* [The data]:
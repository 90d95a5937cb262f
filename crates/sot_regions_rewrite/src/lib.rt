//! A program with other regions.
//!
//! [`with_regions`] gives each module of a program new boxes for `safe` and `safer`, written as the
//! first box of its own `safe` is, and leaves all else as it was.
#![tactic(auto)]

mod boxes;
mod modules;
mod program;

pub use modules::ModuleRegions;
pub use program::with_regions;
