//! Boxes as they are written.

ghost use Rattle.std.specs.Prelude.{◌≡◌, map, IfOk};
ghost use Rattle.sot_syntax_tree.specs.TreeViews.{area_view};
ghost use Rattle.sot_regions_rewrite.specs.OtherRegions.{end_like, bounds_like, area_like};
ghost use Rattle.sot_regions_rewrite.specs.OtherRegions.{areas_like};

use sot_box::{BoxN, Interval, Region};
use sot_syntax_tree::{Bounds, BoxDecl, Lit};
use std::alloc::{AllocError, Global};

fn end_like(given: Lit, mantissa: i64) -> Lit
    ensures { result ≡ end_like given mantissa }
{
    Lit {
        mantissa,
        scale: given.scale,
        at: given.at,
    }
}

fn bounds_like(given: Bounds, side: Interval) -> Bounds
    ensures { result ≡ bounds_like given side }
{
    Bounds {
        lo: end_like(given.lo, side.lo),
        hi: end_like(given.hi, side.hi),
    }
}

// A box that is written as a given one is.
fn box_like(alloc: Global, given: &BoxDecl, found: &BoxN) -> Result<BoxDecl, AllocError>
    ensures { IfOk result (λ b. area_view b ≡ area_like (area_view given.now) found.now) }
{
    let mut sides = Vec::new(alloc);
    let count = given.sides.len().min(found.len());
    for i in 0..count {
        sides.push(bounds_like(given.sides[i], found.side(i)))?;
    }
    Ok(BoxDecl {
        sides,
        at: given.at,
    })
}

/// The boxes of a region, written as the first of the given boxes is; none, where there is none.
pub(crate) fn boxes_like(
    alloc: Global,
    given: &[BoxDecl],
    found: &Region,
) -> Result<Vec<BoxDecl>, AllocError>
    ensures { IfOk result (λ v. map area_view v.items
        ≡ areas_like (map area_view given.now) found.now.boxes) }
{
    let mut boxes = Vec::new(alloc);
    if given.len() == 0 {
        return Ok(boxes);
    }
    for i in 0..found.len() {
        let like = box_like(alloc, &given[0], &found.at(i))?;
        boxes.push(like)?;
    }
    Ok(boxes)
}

* [Task statement]:
In this exercise, you retype all of the data exactly as it appears above.

* [Exercise output]:
repository 90d95a5937cb262f
filename crates/sot_regions_rewrite/src/lib.rt
//! A program with other regions.
//!
//! [`with_regions`] gives each module of a program new boxes for `safe` and `safer`, written as the
//! first box of its own `safe` is, and leaves all else as it was.
#![tactic(auto)]

mod boxes;
mod modules;
mod program;

pub use modules::ModuleRegions;
pub use program::with_regions;
//! Boxes as they are written.

ghost use Rattle.std.specs.Prelude.{◌≡◌, map, IfOk};
ghost use Rattle.sot_syntax_tree.specs.TreeViews.{area_view};
ghost use Rattle.sot_regions_rewrite.specs.OtherRegions.{end_like, bounds_like, area_like};
ghost use Rattle.sot_regions_rewrite.specs.OtherRegions.{areas_like};

use sot_box::{BoxN, Interval, Region};
use sot_syntax_tree::{Bounds, BoxDecl, Lit};
use std::alloc::{AllocError, Global};

fn end_like(given: Lit, mantissa: i64) -> Lit
    ensures { result ≡ end_like given mantissa }
{
    Lit {
        mantissa,
        scale: given.scale,
        at: given.at,
    }
}

fn bounds_like(given: Bounds, side: Interval) -> Bounds
    ensures { result ≡ bounds_like given side }
{
    Bounds {
        lo: end_like(given.lo, side.lo),
        hi: end_like(given.hi, side.hi),
    }
}

// A box that is written as a given one is.
fn box_like(alloc: Global, given: &BoxDecl, found: &BoxN) -> Result<BoxDecl, AllocError>
    ensures { IfOk result (λ b. area_view b ≡ area_like (area_view given.now) found.now) }
{
    let mut sides = Vec::new(alloc);
    let count = given.sides.len().min(found.len());
    for i in 0..count {
        sides.push(bounds_like(given.sides[i], found.side(i)))?;
    }
    Ok(BoxDecl {
        sides,
        at: given.at,
    })
}

/// The boxes of a region, written as the first of the given boxes is; none, where there is none.
pub(crate) fn boxes_like(
    alloc: Global,
    given: &[BoxDecl],
    found: &Region,
) -> Result<Vec<BoxDecl>, AllocError>
    ensures { IfOk result (λ v. map area_view v.items
        ≡ areas_like (map area_view given.now) found.now.boxes) }
{
    let mut boxes = Vec::new(alloc);
    if given.len() == 0 {
        return Ok(boxes);
    }
    for i in 0..found.len() {
        let like = box_like(alloc, &given[0], &found.at(i))?;
        boxes.push(like)?;
    }
    Ok(boxes)
}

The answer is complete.